Dermatofibrosarcoma Protuberans (DFSP)
DFSP
Overview
Dermatofibrosarcoma protuberans (DFSP) is a rare, slow-growing soft tissue sarcoma that develops in the deep layers of the skin. It typically presents as a firm, painless plaque or nodule that gradually enlarges over months to years. While it rarely metastasizes, DFSP is locally aggressive and has a high recurrence rate if not completely excised.
Key Symptoms
- Firm, painless, skin-colored or reddish-brown plaque or nodule
- Slow growth over months to years, often initially flat before becoming raised
- Rubbery or hard texture on palpation
- May develop multiple nodules or protuberant masses over time
- Usually 1-5 cm at diagnosis but can grow much larger if untreated
- Overlying skin may appear stretched, shiny, or discolored
Affected Areas
Trunk (most common), Arms, Legs, Head and neck
Care Instructions
- Seek evaluation by a dermatologist or surgical oncologist for any firm, slowly growing skin nodule.
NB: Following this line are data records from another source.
//! Numbered trees, their handles and mappings, and orders of changes. A row has a question and the
//! expected answer.
use parser_input::SyntaxKind;
use rowan_green::{GreenError, GreenNode, GreenNodeBuilder, GreenToken};
use std::alloc::Global;
use std::test::Fail;
use syntax_tree::{
    MappingError, Position, PositionError, SyntaxElement, SyntaxMapping, SyntaxMappingBuilder,
    SyntaxNode, SyntaxToken, TreeIds,
};
use tree_rewrite::job::{Job, is_order};
use tree_rewrite::tree_change::{Target, TreeChange};

fn raw(kind: SyntaxKind) -> rowan_green::SyntaxKind {
    rowan_green::SyntaxKind(kind.to_raw())
}

/// `f;`: a path, and a semicolon after it.
fn green(alloc: Global) -> Result<GreenNode, GreenError> {
    let mut builder = GreenNodeBuilder::new(alloc);
    builder.start_node(raw(SyntaxKind::SOURCE_FILE))?;
    builder.start_node(raw(SyntaxKind::PATH))?;
    builder.token(raw(SyntaxKind::IDENT), "f")?;
    builder.finish_node()?;
    builder.token(raw(SyntaxKind::SEMICOLON), ";")?;
    builder.finish_node()?;
    match builder.finish() {
        Ok(node) => Ok(node),
        Err(unfinished) => Err(unfinished.error),
    }
}

/// Returns the root of that tree, under the next tree number.
fn root(alloc: Global, ids: &mut TreeIds) -> Result<SyntaxNode, Fail> {
    let green = green(alloc)?;
    Ok(SyntaxNode::new_root(alloc, green, ids)?)
}

/// Returns the path in that tree.
fn path(alloc: Global, root: &SyntaxNode) -> Result<SyntaxNode, Fail> {
    match root.children(alloc)?.next() {
        Some(node) => Ok(node?),
        None => Err(Fail::new("no child")),
    }
}

/// What is asked of the tree.
#[derive(Clone, Copy)]
enum Ask {
    Elements,
    Above,
    Subtree,
    Detached,
    Gaps,
    Mapped,
    Added,
    Merged,
    Refused,
}

/// A question and the expected answer.
type Row = (Ask, &'static str);

/// Appends the kind of `element` and the indices of its path.
fn show(alloc: Global, out: &mut String, element: &SyntaxElement) -> Result<(), Fail> {
    out.push_str(element.kind().name())?;
    for number in element.path(alloc)? {
        let number = format!(in alloc; " {number}")?;
        out.push_str(&number)?;
    }
    Ok(out.push_str(";")?)
}

fn elements(alloc: Global, out: &mut String, root: &SyntaxNode) -> Result<(), Fail> {
    for element in root.descendants_with_tokens(alloc)? {
        show(alloc, out, &element?)?;
    }
    Ok(())
}

fn above(alloc: Global, out: &mut String, root: &SyntaxNode) -> Result<(), Fail> {
    for node in path(alloc, root)?.ancestors()? {
        show(alloc, out, &SyntaxElement::Node(node?))?;
    }
    Ok(())
}

/// Appends the tree number of `element`, the element of a new tree, and then the element.
fn alone(alloc: Global, out: &mut String, element: &SyntaxElement) -> Result<(), Fail> {
    let number = format!(in alloc; "{} ", element.tree())?;
    out.push_str(&number)?;
    show(alloc, out, element)
}

fn subtree(
    alloc: Global,
    out: &mut String,
    root: &SyntaxNode,
    ids: &mut TreeIds,
) -> Result<(), Fail> {
    let copy = path(alloc, root)?.clone_subtree(alloc, ids)?;
    alone(alloc, out, &SyntaxElement::Node(copy))
}

fn detached(alloc: Global, out: &mut String, ids: &mut TreeIds) -> Result<(), Fail> {
    let green = GreenToken::new(alloc, raw(SyntaxKind::IDENT), "g")?;
    let token = SyntaxToken::detached(alloc, green, ids)?;
    alone(alloc, out, &SyntaxElement::Token(token))
}

fn show_gap(
    alloc: Global,
    out: &mut String,
    gap: Result<Position, PositionError>,
) -> Result<(), Fail> {
    match gap {
        Ok(gap) => {
            let index = format!(in alloc; "{};", gap.index)?;
            Ok(out.push_str(&index)?)
        }
        Err(PositionError::NoParent) => Ok(out.push_str("NoParent;")?),
        Err(PositionError::NoMemory) => Err(Fail::new("out of memory")),
    }
}

/// Appends the gaps before and after a node.
fn gaps_beside(alloc: Global, out: &mut String, node: &SyntaxElement) -> Result<(), Fail> {
    show_gap(alloc, out, Position::before(node))?;
    show_gap(alloc, out, Position::after(node))
}

/// Appends the gap after the children of a root.
fn last_gap(alloc: Global, out: &mut String, root: &SyntaxNode) -> Result<(), Fail> {
    show_gap(alloc, out, Ok(Position::last_child_of(root)?))
}

fn gaps(alloc: Global, out: &mut String, root: SyntaxNode) -> Result<(), Fail> {
    gaps_beside(alloc, out, &SyntaxElement::Node(path(alloc, &root)?))?;
    last_gap(alloc, out, &root)?;
    show_gap(alloc, out, Position::before(&SyntaxElement::Node(root)))
}

/// Returns a builder that maps the path to its copy in another tree.
fn builder(
    alloc: Global,
    root: &SyntaxNode,
    other: &SyntaxNode,
) -> Result<SyntaxMappingBuilder, Fail> {
    let mut builder = SyntaxMappingBuilder::new(alloc, other.clone()?)?;
    let input = path(alloc, root)?;
    builder.map_node(alloc, input, path(alloc, other)?)?;
    Ok(builder)
}

/// Returns a mapping of the path to its copy in another tree.
fn mapping(alloc: Global, root: &SyntaxNode, other: &SyntaxNode) -> Result<SyntaxMapping, Fail> {
    let builder = builder(alloc, root, other)?;
    let mut mapping = SyntaxMapping::new(alloc);
    builder.finish(&mut mapping)?;
    Ok(mapping)
}

/// Appends the number of entries of `mapping`, and the node that it maps the path to, if any.
fn show_mapping(
    alloc: Global,
    out: &mut String,
    mapping: &SyntaxMapping,
    root: &SyntaxNode,
) -> Result<(), Fail> {
    let count = format!(in alloc; "{};", mapping.len())?;
    out.push_str(&count)?;
    match mapping.image_at(root.tree(), &[0])? {
        Some(image) => alone(alloc, out, &SyntaxElement::Node(image.clone()?)),
        None => Ok(out.push_str("none")?),
    }
}

fn mapped(
    alloc: Global,
    out: &mut String,
    root: &SyntaxNode,
    other: &SyntaxNode,
) -> Result<(), Fail> {
    let mapping = mapping(alloc, root, other)?;
    show_mapping(alloc, out, &mapping, root)
}

/// Adds the entries of a builder for a newer tree to a mapping, and shows the result.
fn added(
    alloc: Global,
    out: &mut String,
    (root, other, newer): (&SyntaxNode, &SyntaxNode, &SyntaxNode),
) -> Result<(), Fail> {
    let mut mapping = mapping(alloc, root, other)?;
    mapping.add_mapping(builder(alloc, root, newer)?)?;
    show_mapping(alloc, out, &mapping, root)
}

/// Merges a mapping to a newer tree into a mapping, and shows the result.
fn merged(
    alloc: Global,
    out: &mut String,
    (root, other, newer): (&SyntaxNode, &SyntaxNode, &SyntaxNode),
) -> Result<(), Fail> {
    let mut whole = mapping(alloc, root, other)?;
    whole.merge(mapping(alloc, root, newer)?)?;
    show_mapping(alloc, out, &whole, root)
}

fn show_refusal(out: &mut String, refused: Result<(), MappingError>) -> Result<(), Fail> {
    let word = match refused {
        Ok(()) => "Ok;",
        Err(MappingError::NotChild) => "NotChild;",
        Err(MappingError::MoreInputs) => "MoreInputs;",
        Err(MappingError::Order) => "Order;",
        Err(MappingError::NoMemory) => "NoMemory;",
    };
    Ok(out.push_str(word)?)
}

/// Appends the outcome of mapping one node to another.
fn refused_node(
    alloc: Global,
    out: &mut String,
    builder: &mut SyntaxMappingBuilder,
    (old, new): (&SyntaxNode, &SyntaxNode),
) -> Result<(), Fail> {
    let old = old.clone()?;
    show_refusal(out, builder.map_node(alloc, old, new.clone()?))
}

/// Returns `count` handles of `node`.
fn copies(alloc: Global, node: &SyntaxNode, count: usize) -> Result<Vec<SyntaxNode>, Fail> {
    let mut copies = Vec::new(alloc);
    for _ in 0..count {
        copies.push(node.clone()?)?;
    }
    Ok(copies)
}

/// Appends the outcomes of mapping two nodes to one, and no nodes to one.
fn refused_children(
    alloc: Global,
    out: &mut String,
    builder: &mut SyntaxMappingBuilder,
    (old, new): (&SyntaxNode, &SyntaxNode),
) -> Result<(), Fail> {
    let both = copies(alloc, old, 2)?;
    let one = copies(alloc, new, 1)?;
    show_refusal(out, builder.map_children(alloc, &both, &one))?;
    show_refusal(out, builder.map_children(alloc, &[], &one))
}

fn refused_paths(
    alloc: Global,
    out: &mut String,
    builder: &mut SyntaxMappingBuilder,
    (old, new, other): (&SyntaxNode, &SyntaxNode, &SyntaxNode),
) -> Result<(), Fail> {
    refused_node(alloc, out, builder, (new, new))?;
    refused_node(alloc, out, builder, (old, other))?;
    refused_children(alloc, out, builder, (old, new))
}

fn refused(
    alloc: Global,
    out: &mut String,
    root: &SyntaxNode,
    other: &SyntaxNode,
) -> Result<(), Fail> {
    let mut builder = SyntaxMappingBuilder::new(alloc, other.clone()?)?;
    let old = path(alloc, root)?;
    let new = path(alloc, other)?;
    refused_paths(alloc, out, &mut builder, (&old, &new, other))
}

/// Answers a question about two trees.
fn answer_of_two(
    alloc: Global,
    out: &mut String,
    is_mapped: bool,
    ids: &mut TreeIds,
) -> Result<(), Fail> {
    let tree = root(alloc, ids)?;
    let other = root(alloc, ids)?;
    if is_mapped {
        mapped(alloc, out, &tree, &other)
    } else {
        refused(alloc, out, &tree, &other)
    }
}

/// Answers a question about three trees.
fn answer_of_three(
    alloc: Global,
    out: &mut String,
    is_merged: bool,
    ids: &mut TreeIds,
) -> Result<(), Fail> {
    let tree = root(alloc, ids)?;
    let other = root(alloc, ids)?;
    let newer = root(alloc, ids)?;
    if is_merged {
        merged(alloc, out, (&tree, &other, &newer))
    } else {
        added(alloc, out, (&tree, &other, &newer))
    }
}

/// Answers a question about one tree.
fn answer_of_one(alloc: Global, out: &mut String, ask: Ask, ids: &mut TreeIds) -> Result<(), Fail> {
    let tree = root(alloc, ids)?;
    match ask {
        Ask::Elements => elements(alloc, out, &tree),
        Ask::Above => above(alloc, out, &tree),
        Ask::Subtree => subtree(alloc, out, &tree, ids),
        Ask::Detached => detached(alloc, out, ids),
        _ => gaps(alloc, out, tree),
    }
}

fn is_met(alloc: Global, (ask, expected): &Row) -> Result<bool, Fail> {
    let mut out = String::new(alloc);
    let mut ids = TreeIds::new();
    match ask {
        Ask::Mapped => answer_of_two(alloc, &mut out, true, &mut ids)?,
        Ask::Refused => answer_of_two(alloc, &mut out, false, &mut ids)?,
        Ask::Added => answer_of_three(alloc, &mut out, false, &mut ids)?,
        Ask::Merged => answer_of_three(alloc, &mut out, true, &mut ids)?,
        _ => answer_of_one(alloc, &mut out, *ask, &mut ids)?,
    }
    Ok(out.as_str() == *expected)
}

const ROWS: &[Row] = &[
    (Ask::Elements, "SOURCE_FILE;PATH 0;IDENT 0 0;SEMICOLON 1;"),
    (Ask::Above, "PATH 0;SOURCE_FILE;"),
    (Ask::Subtree, "2 PATH;"),
    (Ask::Detached, "2 IDENT 0;"),
    (Ask::Gaps, "0;1;2;NoParent;"),
    (Ask::Mapped, "1;2 PATH 0;"),
    (Ask::Added, "2;3 PATH 0;"),
    (Ask::Merged, "2;3 PATH 0;"),
    (Ask::Refused, "Order;NotChild;MoreInputs;Ok;"),
];

#[test]
fn syntax_trees(rt: HostRuntime) -> Result<(), Fail> {
    for row in ROWS {
        assert!(rt; is_met(rt.alloc(), row)?, "{}", row.1);
    }
    Ok(())
}

fn slot(alloc: Global, number: usize) -> Result<TreeChange, Fail> {
    let first = vec![in alloc; number]?;
    let target = Target::Slots {
        first,
        more: 0,
        single: true,
    };
    Ok(TreeChange::new(target, Vec::new(alloc)))
}

fn deletion(alloc: Global) -> Result<Job, Fail> {
    Ok(Job::new(None, slot(alloc, 0)?, None))
}

fn replacement(alloc: Global) -> Result<Job, Fail> {
    let owner = vec![in alloc; 1]?;
    Ok(Job::new(None, slot(alloc, 1)?, Some(owner)))
}

fn insertion(alloc: Global) -> Result<Job, Fail> {
    let parent = vec![in alloc; 1]?;
    let sheet = vec![in alloc; 1]?;
    let change = TreeChange::new(Target::Gap { parent, index: 0 }, Vec::new(alloc));
    Ok(Job::new(Some(sheet), change, None))
}

/// Returns three planned changes: a node is deleted, the next one is replaced with a node, and an
/// insertion is made in that payload.
fn jobs(alloc: Global) -> Result<Vec<Job>, Fail> {
    let mut jobs = Vec::new(alloc);
    jobs.push(deletion(alloc)?)?;
    jobs.push(replacement(alloc)?)?;
    jobs.push(insertion(alloc)?)?;
    Ok(jobs)
}

fn orders_are_told(alloc: Global) -> Result<bool, Fail> {
    let jobs = jobs(alloc)?;
    let admitted = is_order(&jobs, &[0, 2, 1]) & is_order(&jobs, &[2, 1, 0]);
    let refused = is_order(&jobs, &[0, 1, 2]) | is_order(&jobs, &[2, 1]);
    Ok(admitted & !refused)
}

#[test]
fn owners_come_after_what_they_own(rt: HostRuntime) -> Result<(), Fail> {
    assert!(rt; orders_are_told(rt.alloc())?);
    Ok(())
}
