//! Names that belong to a macro definition.

ghost use Rattle.std.specs.Prelude.{◌≡◌, map};
ghost use Rattle.parser_input.specs.Kind.{raw_of};
ghost use Rattle.token_names.specs.MacroNames.{follows_dollar, follows_variable, is_fragment, is_macro_name};

use parser_input::SyntaxKind;

/// Returns `true` if `text` is the word of a fragment specifier.
fn is_fragment(text: &str) -> bool
    ensures { result ≡ is_fragment text.now }
{
    matches!(
        text,
        "block"
            | "expr"
            | "expr_2021"
            | "ident"
            | "item"
            | "lifetime"
            | "literal"
            | "meta"
            | "pat"
            | "pat_param"
            | "path"
            | "stmt"
            | "tt"
            | "ty"
            | "vis"
    )
}

/// Returns `true` behind a `$`. The kinds are those of the tokens before, the nearest first.
fn follows_dollar(before: &[SyntaxKind]) -> bool
    ensures { result ≡ follows_dollar (map raw_of before.now) }
{
    matches!(before, [SyntaxKind::DOLLAR, ..])
}

/// Returns `true` behind a metavariable and a colon, as `$x:`. The kinds are those of the tokens before,
/// the nearest first.
fn follows_variable(before: &[SyntaxKind]) -> bool
    ensures { result ≡ follows_variable (map raw_of before.now) }
{
    match before {
        [SyntaxKind::COLON, variable, SyntaxKind::DOLLAR, ..] => {
            !matches!(variable, SyntaxKind::TOKEN_TREE)
        }
        _ => false,
    }
}

/// Returns `true` if a token with this text belongs to a macro definition behind these kinds, the
/// nearest first and without trivia: it is a metavariable, as `x` in `$x`, or a fragment specifier, as
/// `expr` in `$x:expr`.
pub fn is_macro_name(text: &str, before: &[SyntaxKind]) -> bool
    ensures { result ≡ is_macro_name text.now (map raw_of before.now) }
{
    follows_dollar(before) || (is_fragment(text) && follows_variable(before))
}
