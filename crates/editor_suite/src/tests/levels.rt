//! The indent levels of elements, and the whitespace between them.
use crate::tests::tree::{Tree, root};
use std::alloc::Global;
use std::test::Fail;
use syntax_editor::{IndentLevel, Space};
use syntax_tree::{SyntaxElement, SyntaxNode, TreeIds};

/// Returns the element at up-path `way`.
fn element(alloc: Global, root: &SyntaxNode, way: &[usize]) -> Result<SyntaxElement, Fail> {
    match root.element_at(alloc, way)? {
        Some(element) => Ok(element),
        None => Err(Fail::new("nothing stands there")),
    }
}

/// Returns `true` if the element at up-path `way` has indent level `level`.
pub(crate) fn has_level(alloc: Global, tree: Tree, way: &[usize], level: u8) -> Result<bool, Fail> {
    let mut ids = TreeIds::new();
    let root = root(alloc, tree, &mut ids)?;
    let element = element(alloc, &root, way)?;
    Ok(IndentLevel::from_element(alloc, &element)? == IndentLevel(level))
}

/// Returns the whitespace that goes between the children `left` and `right` of a root.
pub(crate) fn between(alloc: Global, tree: Tree, left: usize, right: usize) -> Result<Space, Fail> {
    let mut ids = TreeIds::new();
    let root = root(alloc, tree, &mut ids)?;
    let first = element(alloc, &root, &[left])?;
    let second = element(alloc, &root, &[right])?;
    Ok(Space::between(alloc, &first, &second)?)
}
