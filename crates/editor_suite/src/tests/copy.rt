//! Edits of a copy of a node that is not a root.
use crate::tests::doing::{node_at, show};
use crate::tests::tree::{Tree, payload, root};
use std::alloc::Global;
use std::test::Fail;
use syntax_editor::{Annotations, SyntaxEdit, SyntaxEditor};
use syntax_tree::{Position, SyntaxElement, SyntaxNode, TreeIds};

/// Annotates an element alone, and then twice in a list.
fn mark(alloc: Global, editor: &mut SyntaxEditor, new: &SyntaxElement) -> Result<(), Fail> {
    let mut marks = Annotations::new();
    editor.add_annotation(new, marks.next()?)?;
    let twice = vec![in alloc; new.clone()?, new.clone()?]?;
    editor.add_annotation_all(alloc, &twice, marks.next()?)?;
    Ok(())
}

/// Records the insertion of an annotated token before the children of a node.
fn put(
    alloc: Global,
    editor: &mut SyntaxEditor,
    copy: SyntaxNode,
    ids: &mut TreeIds,
) -> Result<(), Fail> {
    let new = payload(alloc, "-", ids)?;
    mark(alloc, editor, &new)?;
    editor.insert(alloc, Position::first_child_of(&copy)?, &new)?;
    Ok(())
}

/// Returns the second argument.
fn literal(alloc: Global, ids: &mut TreeIds) -> Result<SyntaxNode, Fail> {
    let root = root(alloc, Tree::Args, ids)?;
    node_at(alloc, &root, &[4])
}

/// Returns an editor of a copy of the second argument that inserts an annotated token first in it.
fn editor(alloc: Global, ids: &mut TreeIds) -> Result<SyntaxEditor, Fail> {
    let (mut editor, copy) = SyntaxEditor::new(alloc, literal(alloc, ids)?, ids)?;
    put(alloc, &mut editor, copy, ids)?;
    Ok(editor)
}

/// Returns the text of the rewritten tree.
fn rewritten_text(alloc: Global, editor: &SyntaxEditor, ids: &mut TreeIds) -> Result<String, Fail> {
    let rewritten = SyntaxNode::new_root(alloc, editor.rewritten(alloc)?.green, ids)?;
    let text = rewritten.cursor().text()?;
    Ok(format!(in alloc; "{text}")?)
}

fn show_copy(alloc: Global, edit: &SyntaxEdit, rewritten: &str) -> Result<String, Fail> {
    let old = edit.old_root().cursor().text()?;
    let mut out = format!(in alloc; "{old} {rewritten} {} ", edit.origins().len())?;
    show(alloc, &mut out, edit)?;
    Ok(out)
}

/// Returns the text of the old tree, that of the rewritten tree, the number of its elements, its
/// text once more, and the ranges that changed.
pub(crate) fn edited_copy(alloc: Global) -> Result<String, Fail> {
    let mut ids = TreeIds::new();
    let editor = editor(alloc, &mut ids)?;
    let rewritten = rewritten_text(alloc, &editor, &mut ids)?;
    let edit = editor.finish(alloc, &mut ids)?;
    show_copy(alloc, &edit, rewritten.as_str())
}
- Mohs micrographic surgery is the preferred treatment for complete margin control.
- Wide local excision with adequate margins is an alternative when Mohs surgery is not available.
- Regular follow-up with imaging and clinical exams is essential due to risk of local recurrence.
- Genetic testing may reveal the COL1A1-PDGFB fusion gene characteristic of DFSP.
- Imatinib (a targeted therapy) may be used for unresectable or metastatic cases.
Medical Disclaimer: This information is for educational purposes only and does not replace professional medical advice. Always consult a qualified dermatologist for diagnosis and treatment.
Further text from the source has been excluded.